An apparatus for selectively fracing a well includes a tubular body having an exterior surface, and an interior surface that defines an interior bore. An annular flow area that has at least one fluid flow port extends radially through the tubular body to permit fluids from the interior bore to pass through the at least one fluid flow port into a surrounding earth formation. An external sealing sleeve selectively covers the annular flow area. There is a pressure actuated sleeve shifting mechanism, where increasing pressure tending to cause axial movement of the external sealing sleeve. The axial movement is resisted until a pre-selected pressure threshold is reached to permit movement of the external sealing sleeve to open the at least one fluid flow port.

Description

    FIELD
  • There is disclosed a method and apparatus for placing multiple fractures at spaced locations along a well bore.
  • BACKGROUND
  • U.S. Pat. No. 7,267,172 (Hofman) entitled “Cemented Open Hole Selective Fracing System” teaches selectively opening holes in production tubing of a hydrocarbon producing well by using sliding valves which can be selectively opened by a shifting tool. U.S. Pat. No. 7,096,954 (Weng et al.) entitled “Method and Apparatus for Placement of Multiple Fractures in Open Hole Wells” teaches using a plurality of burst disk assemblies, each having an independent burst pressure. The present method provides an alternative method of selectively opening holes in production tubing.
  • SUMMARY
  • There is provided an apparatus for use in selectively fracing a well. The apparatus comprises a tubular body having an exterior surface, and an interior surface that defines an interior bore. An annular flow area that has at least one fluid flow port extends radially through the tubular body from the interior surface to the exterior surface to permit fluids from the interior bore to pass through the at least one fluid flow port into a surrounding earth formation. An external sealing sleeve is detachably secured to the exterior surface of the tubular body to selectively cover the annular flow area and close the at least one fluid flow port. There is a pressure actuated sleeve shifting mechanism, with increasing pressure tending to cause axial movement of the external sealing sleeve. Axial movement is resisted until a pre-selected pressure threshold is reached to permit movement of the external sealing sleeve to open the at least one fluid flow port.

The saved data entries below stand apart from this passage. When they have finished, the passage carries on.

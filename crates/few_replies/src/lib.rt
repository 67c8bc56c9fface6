//! The replies of a slave: how many mails it answers one mail with, whatever the mail is and in whatever state its servers are; and that all replies
//! to a mail that is passed on are heard in its row, also where there are none. Definitions and laws over the models, no running code: the functions
//! here do nothing, and their contracts state the laws.
#![tactic(auto)]

pub mod mail_counts;
pub mod passed_counts;
pub mod passed_model;
pub mod passed_whole;
pub mod passing_gains;
pub mod passing_rows;
pub mod service_counts;
pub mod session_rows;
pub mod slave_calm;
pub mod task_counts;
pub mod whole_counts;
pub mod worked_life;

ghost use Rattle.few_replies.specs.Most.{Tells, AreEnough, begins_packet, is_packet_free};
ghost use Rattle.slave_parts.specs.of_link_mails.Body.{Body};
ghost use Rattle.slave_parts.specs.of_slave_model.Application.{Parts, ArePartsLawful, station_valid};
ghost use Rattle.slave_parts.specs.of_slave_model.Product.{serve};
ghost use Rattle.slave_parts.specs.of_slave_model.Profile.{Profile, IsProfile};
ghost use Rattle.slave_parts.specs.of_slave_model.Server.{Server};
ghost use Rattle.std.specs.Prelude.{◌≡◌, ◌≤◌, ℕ, true, false, length};

/// A SLAVE ANSWERS ONE MAIL WITH FEW: of whatever protocol it is, valid or not, in each AL state and whatever transfers are unfinished, it gives no more
/// mails than the parts of an information, the fragments of an element, those of a packet that goes back, or an answer with an emergency. Only a
/// download to the entry 2F01:01, which sends a packet, is apart; and where none was begun, none is unfinished behind the mail.
pub fn few_replies<T, F, I>()
    ensures few { (o : Parts T F I) (p : Profile) (information element most : ℕ) → ArePartsLawful o → IsProfile p → Tells o information element → AreEnough p information element most →
        (al : ℕ) (j : Server T F I) (b : Body) → station_valid o j.app ≡ true → is_packet_free j ≡ true → begins_packet b ≡ false → length (serve o p al j b).1 ≤ most }
    ensures free { (o : Parts T F I) (p : Profile) (al : ℕ) (j : Server T F I) (b : Body) → is_packet_free j ≡ true → begins_packet b ≡ false → is_packet_free (serve o p al j b).0 ≡ true }
{}
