//! The mailbox half of EtherCAT as a program: `ecmbx run SCENARIO` runs the segment of a scenario
//! frame by frame and prints the report, and `ecmbx serve SCENARIO COUNT` answers mailbox requests that
//! come by UDP, `ecmbx stream SCENARIO COUNT` those that come on a TCP connection, and `ecmbx ask STATION OUT IN DO ARGS` sends some by UDP.
//! The forms for people stand beside these: `ecmbx help` lists all.
#![tactic(auto)]

mod notices;
mod output;

use crate::notices::listening;
use crate::output::Output;
use ec_links::TcpLink;
use ec_outside::{DiskFiles, Peer, UdpPort};
use ecmbx_call::{Book, Status, program};
use ecmbx_words::{Form, form_of, stream_of};
use listening::{ListeningLink, ListeningPort};
use patient_port::PatientPort;
use people_call::{Ended, people_call};
use std::process::ExitCode;
use std::rt::Env;
use std::{env, io, mem};
use tool_call::is_ask;

/// The address at which datagrams are heard, 127.0.0.1.
const LOCALHOST: u32 = 0x7F00_0001;

/// The port of a gateway, which the standard has for EtherCAT.
const GATEWAY: u16 = 34980;

/// The arguments behind the program's name.
fn words<R: Env + AllocGlobal>(rt: &R) -> io::Result<Vec<String>> {
    let mut words = Vec::new(rt.alloc());
    for word in env::args(rt)?.skip(1) {
        words.push(word)?;
    }
    Ok(words)
}

/// The port of our own: who asks takes any that is free, who serves the gateway's.
fn port_for(words: &[String]) -> u16 {
    if is_ask(words) { 0 } else { GATEWAY }
}

/// As many datagrams as the words of a serving say.
fn datagrams(words: &[String]) -> Option<u32> {
    match form_of(words) {
        Form::Serve { count } => Some(count),
        _ => None,
    }
}

/// Does what the words of a form for scripts ask for.
fn for_scripts(
    rt: &HostRuntime,
    words: &[String],
    files: &mut DiskFiles<'_, HostRuntime>,
    out: &mut Output<'_, HostRuntime>,
) -> Status {
    let alloc = rt.alloc();
    let mut book = Book::new(alloc);
    let socket = UdpPort::new(rt, LOCALHOST, port_for(words));
    let mut port = ListeningPort::new(rt, listening(alloc, datagrams(words)), socket);
    let link = ListeningLink::new(rt, listening(alloc, stream_of(words)), TcpLink::new(rt));
    let (status, _) = program(alloc, words, files, out, &mut port, link, &mut book);
    // The process ends: letting go frame by frame what it gives back whole would only cost time.
    mem::forget(book);
    status
}

fn main(rt: HostRuntime) -> ExitCode {
    let alloc = rt.alloc();
    let words = match words(&rt) {
        Ok(words) => words,
        Err(error) if error.kind() == io::ErrorKind::OutOfMemory => {
            return ExitCode::from(Status::NoMemory.number());
        }
        // Words that are no text are no form of the command line.
        Err(_) => Vec::new(alloc),
    };
    let words = words.as_slice();
    let mut files = DiskFiles::new(&rt);
    let mut out = Output::new(alloc, &rt);
    let gateway = Peer {
        ip: LOCALHOST,
        port: GATEWAY,
    };
    let mut port = PatientPort::new(&rt, gateway);
    let ended = match people_call(alloc, words, &mut files, &mut out, &mut port) {
        Some(ended) => ended,
        None => Ended::As(for_scripts(&rt, words, &mut files, &mut out)),
    };
    match out.flush() {
        Err(_) if !matches!(ended, Ended::As(Status::NoMemory)) => {
            ExitCode::from(Status::SinkFault.number())
        }
        _ => ExitCode::from(ended.number()),
    }
}
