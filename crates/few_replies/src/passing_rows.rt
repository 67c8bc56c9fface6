//! The row of a mail that is passed on, by how far that has come. Definitions and laws over lives, no running code: the functions here do nothing, and their
//! contracts state the laws.

ghost use Rattle.std.specs.Prelude.{◌≡◌, ℕ, true, Bool, Option, List, []};
ghost use Rattle.slave_parts.specs.of_exchange_model.Exchange.{Exchange, Speech, given, plain};
ghost use Rattle.slave_parts.specs.of_life_model.Lives.{Stand, Life, Spot, new_life, life_next, life_back, life_lost, gives_up};
ghost use Rattle.slave_parts.specs.of_life_model.Own.{own};
ghost use Rattle.slave_parts.specs.of_link_model.Frames.{all_accepted};
ghost use Rattle.slave_parts.specs.of_segment_model.Ends.{Passing};
ghost use Rattle.slave_parts.specs.of_segment_model.Record.{News, mails_heard};
ghost use Rattle.slave_parts.specs.of_segment_model.Slaves.{Datagram, Found, grams};
ghost use Rattle.slave_parts.specs.of_state_model.Accounts.{Pick};
ghost use Rattle.few_replies.specs.Heard.{EraPasses, HeardBy, LastTold};

/// WHILE A MAIL THAT IS PASSED ON ISN'T OVER it is the newest row of its epoch, and no reply of it was heard, or others follow the last that was: at every frame
/// of a life, where the frame's news have just the mails that were accepted by it.
pub fn passing_rows<M, Q, R>()
    ensures new { (x : Speech M Q R) (more : M → Bool) (passed : Q → Bool) (state : ℕ) → EraPasses x more passed (new_life {M = M} {Q = Q} {R = R} state).era }
    ensures next { (x : Speech M Q R) (acknowledged : Q → Bool) (more : M → Bool) (passed : Q → Bool) (frame : ℕ) (l : Life M Q R) (pick : Pick Q) → EraPasses x more passed l.era → EraPasses x more passed (life_next x acknowledged more passed frame l l.stand pick).era }
    ensures back { (x : Speech M Q R) (acknowledged : Q → Bool) (more : M → Bool) (passed : Q → Bool) (frame : ℕ) (spot : Spot) (news : List (News M)) (back : List (Datagram M)) (came : Option (Bool × Option Found)) (l : Life M Q R) → EraPasses x more passed l.era →
        mails_heard news ≡ all_accepted spot.station l.era.side.halves (grams (own spot.station back)) → EraPasses x more passed (life_back x acknowledged more passed frame spot news back came l l.stand).era }
    ensures lost { (x : Speech M Q R) (acknowledged : Q → Bool) (more : M → Bool) (passed : Q → Bool) (spot : Spot) (news : List (News M)) (sent : List (Datagram M)) (l : Life M Q R) → EraPasses x more passed l.era →
        mails_heard news ≡ [] → EraPasses x more passed (life_lost x acknowledged more passed spot news sent l l.stand).era }
    ensures given_up { (x : Speech M Q R) (more : M → Bool) (passed : Q → Bool) (recover frame : ℕ) (spot : Spot) (l : Life M Q R) → EraPasses x more passed l.era → EraPasses x more passed (gives_up recover spot frame l).era }
{}

/// A MAIL WHOSE REPLIES WERE ALL HEARD awaits no other, where its last reply tells that it is the last.
pub fn passing_ends<V, A, M, Q, R>()
    ensures { (x : Exchange V A M Q R) (more : M → Bool) (q : Q) → LastTold x more q → (v : V) → x.ready v ≡ true → (hs : List M) → plain x.speech.emission hs ≡ plain x.speech.emission (given x.serve v (x.full v q)) →
        HeardBy x.speech.emission more Passing.Answered hs → ⊥ }
{}
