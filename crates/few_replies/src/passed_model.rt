//! Mails that are passed on, beyond one epoch: what a return to Init does to a server that sees what is meant by its mails. Definitions and laws, no
//! running code.

ghost use Rattle.std.specs.Prelude.{◌≡◌, ℕ, Bool, true, List, [], ◌∷◌, ◌++◌, map, option_map, Some, None};
ghost use Rattle.slave_parts.specs.of_exchange_model.Exchange.{Speech, Exchange};
ghost use Rattle.slave_parts.specs.of_link_model.Frames.{all_accepted};
ghost use Rattle.slave_parts.specs.of_segment_model.Slaves.{Datagram, grams};
ghost use Rattle.slave_parts.specs.of_segment_model.Record.{Frame, Kept, frame_news, kept_after, news_each};
ghost use Rattle.slave_parts.specs.of_segment_model.Seats.{Side, Choice, side_next, side_back, side_lost};
ghost use Rattle.slave_parts.specs.of_serving_model.Erasing.{all_as};
ghost use Rattle.few_replies.specs.Erased.{side_seen, frame_as, all_news_as, AreOne, PlanOne, EndOne, OfRow};
ghost use Rattle.slave_parts.specs.of_serving_model.Tagged.{IsServed, Tagged, Rowed, Meant, Asked, real, ideal, tagged, serve_tagged, tagged_speech};
ghost use Rattle.few_replies.specs.Client.{asked_speech, ByContents, MarksTold};
ghost use Rattle.few_replies.specs.Clearing.{InRow, Forgets, cleared_rowed};

/// A return to Init clears the server that stands, in whatever row, and that is to clear the one behind whole rows: so an epoch begins with what the
/// one before carried out, cleared, also where a transfer or a join was unfinished.
pub fn clear_law<V, M, Q, R, C>()
    ensures clears { (x : Exchange V V M Q R) (core : V → C) → IsServed x core → (clear : V → V) → Forgets x core clear → (w : Rowed V M Q) → InRow x w → (tagged x).app (cleared_rowed x clear w) ≡ clear ((tagged x).app w) }
    ensures real_too { (x : Exchange V V M Q R) (clear : V → V) (w : Rowed V M Q) → real x (cleared_rowed x clear w) ≡ clear (real x w) }
    // No row is counted anew, and the server is between rows.
    ensures counts { (x : Exchange V V M Q R) (clear : V → V) (w : Rowed V M Q) → (tagged x).handled (cleared_rowed x clear w) ≡ (tagged x).handled w }
    ensures between { (x : Exchange V V M Q R) (clear : V → V) (w : Rowed V M Q) → InRow x (cleared_rowed x clear w) }
    // A server that takes the mails of its rows is between rows or in one.
    ensures first { (x : Exchange V V M Q R) (w : Rowed V M Q) (q : Q) (m : M) (rest : List M) → x.ready (ideal x w) ≡ true → x.speech.valid q ≡ true → x.full (ideal x w) q ≡ m ∷ rest → InRow x (serve_tagged x w m (Meant.First q)).0 }
    ensures one_more { (x : Exchange V V M Q R) (w : Rowed V M Q) (q : Q) (m : M) (rest : List M) → w.hand ≡ Some q → x.ready w.base ≡ true → x.speech.valid q ≡ true → x.full w.base q ≡ w.part ++ m ∷ rest → InRow x (serve_tagged x w m Meant.More).0 }
    ensures alone { (x : Exchange V V M Q R) (w : Rowed V M Q) (m : M) (answers : Bool) → InRow x (serve_tagged x w m (Meant.Alone answers)).0 }
{}

/// A master's side of a slave is the same where mails are seen otherwise, as with what is meant by them or without, and services and replies have other
/// names, where its two clients plan the row in hand alike, and end it alike as long as it has no answer: by its choices, by frames that came back, and by lost ones. What frames tell of a slave is the same too.
pub fn erased_law<N, M, P, Q, S, R>()
    ensures next { (f : N → M) (g : P → Q) (h : S → R) (y : Speech N P S) (x : Speech M Q R) → AreOne f g h y x → ((q : P) → PlanOne f g h y x q []) → (frame : ℕ) (d : Side N P S) (c : Choice P) → OfRow (λ r. PlanOne f g h y x r.service r.heard) d.now →
        side_seen f g h (side_next y frame d c) ≡ side_next x frame (side_seen f g h d) (record { begin = option_map g c.begin; hold = c.hold }) }
    ensures back { (f : N → M) (g : P → Q) (h : S → R) (y : Speech N P S) (x : Speech M Q R) (frame station : ℕ) (back : List (Datagram N)) (d : Side N P S) → OfRow (λ r. r.answer ≡ None → EndOne f g h y x r.service (r.heard ++ all_accepted station d.halves (grams back))) d.now →
        side_seen f g h (side_back y frame station back d) ≡ side_back x frame station (all_as f back) (side_seen f g h d) }
    ensures lost { (f : N → M) (g : P → Q) (h : S → R) (station : ℕ) (sent : List (Datagram N)) (d : Side N P S) → side_seen f g h (side_lost station sent d) ≡ side_lost station (all_as f sent) (side_seen f g h d) }
    ensures news { (f : N → M) (station : ℕ) (kept : Kept) (k : Frame N) → all_news_as f (frame_news station kept k) ≡ frame_news station kept (frame_as f k) }
    ensures counters { (f : N → M) (station : ℕ) (kept : Kept) (k : Frame N) → kept_after station kept k ≡ kept_after station kept (frame_as f k) }
    ensures record_ { (f : N → M) (station : ℕ) (kept : Kept) (ks : List (Frame N)) → map (λ ns. all_news_as f ns) (news_each station kept ks) ≡ news_each station kept (map (λ k. frame_as f k) ks) }
{}

/// Two such clients: one sees what is meant by its mails, the other the mails alone. They are one where the contents of the mails that a row heard tell
/// which are replies, and, of the replies to a mail that was passed on, whether the last is there (`passed_law` of `serving_model`).
pub fn asked_law<M, Q, R>()
    ensures one { (x : Speech M Q R) (more : M → Bool) → AreOne (λ t. t.mail) (λ p. p) (λ r. r) (tagged_speech x) (asked_speech x more) }
    ensures plans { (x : Speech M Q R) (more : M → Bool) (q : Asked M Q) (hs : List (Tagged M Q)) → ByContents x.emission hs → PlanOne (λ t. t.mail) (λ p. p) (λ r. r) (tagged_speech x) (asked_speech x more) q hs }
    ensures ends { (x : Speech M Q R) (more : M → Bool) (q : Asked M Q) (hs : List (Tagged M Q)) → ByContents x.emission hs → MarksTold more q hs → EndOne (λ t. t.mail) (λ p. p) (λ r. r) (tagged_speech x) (asked_speech x more) q hs }
{}
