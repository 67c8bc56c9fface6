//! Services and what they came to as people read them: with the names, types and sizes of a slave's plan, and the texts of codes.
#![tactic(auto)]

mod emergencies;
mod packets;
mod results;
mod services;
mod states;

pub use emergencies::add_emergency;
pub use packets::{add_gets, add_packet};
pub use results::{add_ended, add_result};
pub use services::add_service;
pub use states::add_state;
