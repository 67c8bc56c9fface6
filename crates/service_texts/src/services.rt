ghost use Rattle.std.specs.Prelude.{◌≡◌, ◌++◌, OnOk};
ghost use Rattle.service_texts.specs.Services.{place_text, object_place, from_text, download_text, upload_text, whole_place, download_all_text, list_service, sdo_text, named, sized, write_file_text, idn_place, write_idn_text, set_ip_text, target_text, service_text};

use crate::packets::add_gets;
use crate::states::add_state;
use ec_fields::{NoMemory, Octets};
use object_dictionary::SdoService;
use segment_plan::{Service, SlaveSpec};
use std::alloc::Global;
use value_texts::{
    add_block, add_element, add_idn_value, add_names, add_object_name, add_quoted, add_value,
    add_whole, kind_at,
};

// An index and a subindex, `2100:01`, behind a word.
#[tactic(auto, unfolding(crate::specs::Services::place_text))]
fn add_place(
    alloc: Global,
    line: &mut Octets,
    word: &str,
    index: u16,
    sub: u8,
) -> Result<(), NoMemory>
    ensures { OnOk result (line.new ≡ line.old ++ place_text word.now index sub) }
{
    let place = format!(in alloc; "{index:04x}:{sub:02x}")?;
    line.add(word.as_bytes())?;
    line.add(place.as_bytes())?;
    Ok(())
}

// An index behind a word.
#[tactic(auto, unfolding(crate::specs::Services::object_place))]
fn add_index(alloc: Global, line: &mut Octets, word: &str, index: u16) -> Result<(), NoMemory>
    ensures { OnOk result (line.new ≡ line.old ++ object_place word.now index) }
{
    let place = format!(in alloc; "{index:04x}")?;
    line.add(word.as_bytes())?;
    line.add(place.as_bytes())?;
    Ok(())
}

// The subindex that complete access begins at.
#[tactic(auto, unfolding(crate::specs::Services::from_text))]
fn add_from(alloc: Global, line: &mut Octets, from: u8) -> Result<(), NoMemory>
    ensures { OnOk result (line.new ≡ line.old ++ from_text from) }
{
    let text = format!(in alloc; " from {from}")?;
    line.add(text.as_bytes())?;
    Ok(())
}

#[tactic(auto, unfolding(crate::specs::Services::download_text))]
fn add_download(
    alloc: Global,
    line: &mut Octets,
    slave: &SlaveSpec,
    index: u16,
    sub: u8,
    octets: &[u8],
) -> Result<(), NoMemory>
    ensures { OnOk result (line.new ≡ line.old ++ download_text slave.now index sub octets.now) }
{
    add_place(alloc, line, "download ", index, sub)?;
    add_names(alloc, line, slave, index, sub)?;
    line.add(b" = ")?;
    add_value(alloc, line, kind_at(slave, index, sub), octets)?;
    Ok(())
}

#[tactic(auto, unfolding(crate::specs::Services::upload_text))]
fn add_upload(
    alloc: Global,
    line: &mut Octets,
    slave: &SlaveSpec,
    index: u16,
    sub: u8,
) -> Result<(), NoMemory>
    ensures { OnOk result (line.new ≡ line.old ++ upload_text slave.now index sub) }
{
    add_place(alloc, line, "upload ", index, sub)?;
    add_names(alloc, line, slave, index, sub)?;
    Ok(())
}

// An object by complete access.
#[tactic(auto, unfolding(crate::specs::Services::whole_place))]
fn add_whole_place(
    alloc: Global,
    line: &mut Octets,
    word: &str,
    slave: &SlaveSpec,
    index: u16,
    from: u8,
) -> Result<(), NoMemory>
    ensures { OnOk result (line.new ≡ line.old ++ whole_place word.now slave.now index from) }
{
    add_index(alloc, line, word, index)?;
    add_object_name(alloc, line, slave, index)?;
    add_from(alloc, line, from)?;
    Ok(())
}

#[tactic(auto, unfolding(crate::specs::Services::download_all_text))]
fn add_download_all(
    alloc: Global,
    line: &mut Octets,
    slave: &SlaveSpec,
    index: u16,
    from: u8,
    octets: &[u8],
) -> Result<(), NoMemory>
    ensures { OnOk result (line.new ≡ line.old ++ download_all_text slave.now index from octets.now) }
{
    add_whole_place(alloc, line, "download_all ", slave, index, from)?;
    line.add(b" = ")?;
    add_whole(alloc, line, slave, index, from, octets)?;
    Ok(())
}

// Which list of objects is asked for.
#[tactic(auto, unfolding(crate::specs::Services::list_service))]
fn add_list_service(alloc: Global, line: &mut Octets, kind: u16) -> Result<(), NoMemory>
    ensures { OnOk result (line.new ≡ line.old ++ list_service kind) }
{
    if kind == 0 {
        return line.add(b"list counts");
    }
    if kind == 1 {
        return line.add(b"list all objects");
    }
    let text = format!(in alloc; "list kind {kind}")?;
    line.add(text.as_bytes())?;
    Ok(())
}

// A service of CoE.
#[tactic(auto, unfolding(crate::specs::Services::sdo_text))]
fn add_sdo(
    alloc: Global,
    line: &mut Octets,
    slave: &SlaveSpec,
    service: &SdoService,
) -> Result<(), NoMemory>
    ensures { OnOk result (line.new ≡ line.old ++ sdo_text slave.now service.now) }
{
    match service {
        SdoService::Download { index, sub, bytes } => {
            add_download(alloc, line, slave, *index, *sub, bytes.bytes())
        }
        SdoService::Upload { index, sub } => add_upload(alloc, line, slave, *index, *sub),
        SdoService::DownloadAll { index, from, bytes } => {
            add_download_all(alloc, line, slave, *index, *from, bytes.bytes())
        }
        SdoService::UploadAll { index, from } => {
            add_whole_place(alloc, line, "upload_all ", slave, *index, *from)
        }
        SdoService::List { kind } => add_list_service(alloc, line, *kind),
        SdoService::ObjectInfo { index } => add_index(alloc, line, "object ", *index),
        SdoService::EntryInfo { index, sub, .. } => {
            add_place(alloc, line, "entry ", *index, *sub)
        }
    }
}

// A file by its name, behind a word.
#[tactic(auto, unfolding(crate::specs::Services::named))]
fn add_named(alloc: Global, line: &mut Octets, word: &str, name: &[u8]) -> Result<(), NoMemory>
    ensures { OnOk result (line.new ≡ line.old ++ named word.now name.now) }
{
    line.add(word.as_bytes())?;
    add_quoted(alloc, line, name)?;
    Ok(())
}

// How many octets are written.
#[tactic(auto, unfolding(crate::specs::Services::sized))]
fn add_sized(alloc: Global, line: &mut Octets, size: usize) -> Result<(), NoMemory>
    ensures { OnOk result (line.new ≡ line.old ++ sized size) }
{
    let text = if size == 1 {
        format!(in alloc; " = {size} octet")?
    } else {
        format!(in alloc; " = {size} octets")?
    };
    line.add(text.as_bytes())?;
    Ok(())
}

#[tactic(auto, unfolding(crate::specs::Services::write_file_text))]
fn add_write_file(
    alloc: Global,
    line: &mut Octets,
    name: &[u8],
    size: usize,
) -> Result<(), NoMemory>
    ensures { OnOk result (line.new ≡ line.old ++ write_file_text name.now size) }
{
    add_named(alloc, line, "write_file ", name)?;
    add_sized(alloc, line, size)?;
    Ok(())
}

// An element of an IDN, behind a word.
#[tactic(auto, unfolding(crate::specs::Services::idn_place))]
fn add_idn_place(
    alloc: Global,
    line: &mut Octets,
    word: &str,
    drive: u8,
    idn: u16,
    elements: u8,
) -> Result<(), NoMemory>
    ensures { OnOk result (line.new ≡ line.old ++ idn_place word.now drive idn elements) }
{
    let place = format!(in alloc; "{idn} of drive {drive}, ")?;
    line.add(word.as_bytes())?;
    line.add(place.as_bytes())?;
    add_element(alloc, line, elements)?;
    Ok(())
}

#[tactic(auto, unfolding(crate::specs::Services::write_idn_text))]
fn add_write_idn(
    alloc: Global,
    line: &mut Octets,
    slave: &SlaveSpec,
    drive: u8,
    idn: u16,
    elements: u8,
    octets: &[u8],
) -> Result<(), NoMemory>
    ensures { OnOk result (line.new ≡ line.old ++ write_idn_text slave.now drive idn elements octets.now) }
{
    add_idn_place(alloc, line, "write_idn ", drive, idn, elements)?;
    line.add(b" = ")?;
    add_idn_value(alloc, line, slave, drive, idn, elements, octets)?;
    Ok(())
}

#[tactic(auto, unfolding(crate::specs::Services::set_ip_text))]
fn add_set_ip(alloc: Global, line: &mut Octets, block: &[u8]) -> Result<(), NoMemory>
    ensures { OnOk result (line.new ≡ line.old ++ set_ip_text block.now) }
{
    line.add(b"set_ip = ")?;
    add_block(alloc, line, block)?;
    Ok(())
}

#[tactic(auto, unfolding(crate::specs::Services::target_text))]
fn add_target(alloc: Global, line: &mut Octets, target: u8) -> Result<(), NoMemory>
    ensures { OnOk result (line.new ≡ line.old ++ target_text target) }
{
    line.add(b"state ")?;
    add_state(alloc, line, target)?;
    Ok(())
}

/// A service of a slave, with the names that its plan has for what it is about, and what is written by its type: `download 2100:01 "Motor Rated
/// current" = 2000 (UNSIGNED16)`.
#[tactic(auto, unfolding(crate::specs::Services::service_text))]
pub fn add_service(
    alloc: Global,
    line: &mut Octets,
    slave: &SlaveSpec,
    service: &Service,
) -> Result<(), NoMemory>
    ensures { OnOk result (line.new ≡ line.old ++ service_text slave.now service.now) }
{
    match service {
        Service::Sdo(sdo) => add_sdo(alloc, line, slave, sdo),
        Service::ReadFile { name, .. } => add_named(alloc, line, "read_file ", name.as_slice()),
        Service::WriteFile { name, bytes, .. } => {
            add_write_file(alloc, line, name.as_slice(), bytes.len())
        }
        Service::ReadIdn {
            drive,
            idn,
            elements,
        } => add_idn_place(alloc, line, "read_idn ", *drive, *idn, *elements),
        Service::WriteIdn {
            drive,
            idn,
            elements,
            bytes,
        } => add_write_idn(alloc, line, slave, *drive, *idn, *elements, bytes.bytes()),
        Service::SetIp { block } => add_set_ip(alloc, line, block.bytes()),
        Service::GetIp => line.add(b"get_ip"),
        Service::State { target } => add_target(alloc, line, *target),
        Service::Forward(packet) => add_gets(alloc, line, packet.as_slice()),
    }
}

  • There is also provided a method for use in selectively fracing a well comprising the following steps: (a) providing a plurality of apparatus as described above; (b) deploying the apparatuses along a production tubing string in a well with packers being positioned between the apparatuses to isolate production areas, the pre-selected pressure threshold for each production area increasing from a toe of the well toward a heel of the well; (c) pumping fluids down the production tubing at pressures just sufficient to selectively shift the external sealing sleeve of the apparatus having a lowest shifting pressure to an open position without shifting the external sealing sleeve of others of the apparatus having higher shifting pressures; (d) continuing to pump fluids down the production tubing to pump fluids into the earth formation through the apparatus that has had its external sealing sleeve moved to the open position; (e) pumping balls down the production tubing until the balls seat on and close the at least one fluid flow port on the apparatus that has had its external sealing sleeve moved to the open position; (f) using fluid pressure to maintain the balls seated on the at least one fluid flow port while other of the external sealing sleeves in the production tubing are selectively moved to the open position; and (g) repeating steps (c), (d), (e) and (f) to selectively open the external sealing sleeve in apparatus in the production tubing in stages.
  • There is also provided an isolation tool for selectively applying pressure to an outer tubular body. The isolation tool comprises a tubular body carrying a first sealing element and a second sealing element. The tubular body has a fluid inlet and a fluid outlet. The tubular body is movable within the outer tubular body. A pressure cavity is defined by an outer surface of the tubular body, an inner surface of the outer tubular body, and the first and second sealing elements. The fluid outlet of the tubular body is in fluid communication with the pressure cavity. The first sealing element and the second sealing element permit fluid flow into the pressure cavity and sealing against fluid flow out of the pressure cavity.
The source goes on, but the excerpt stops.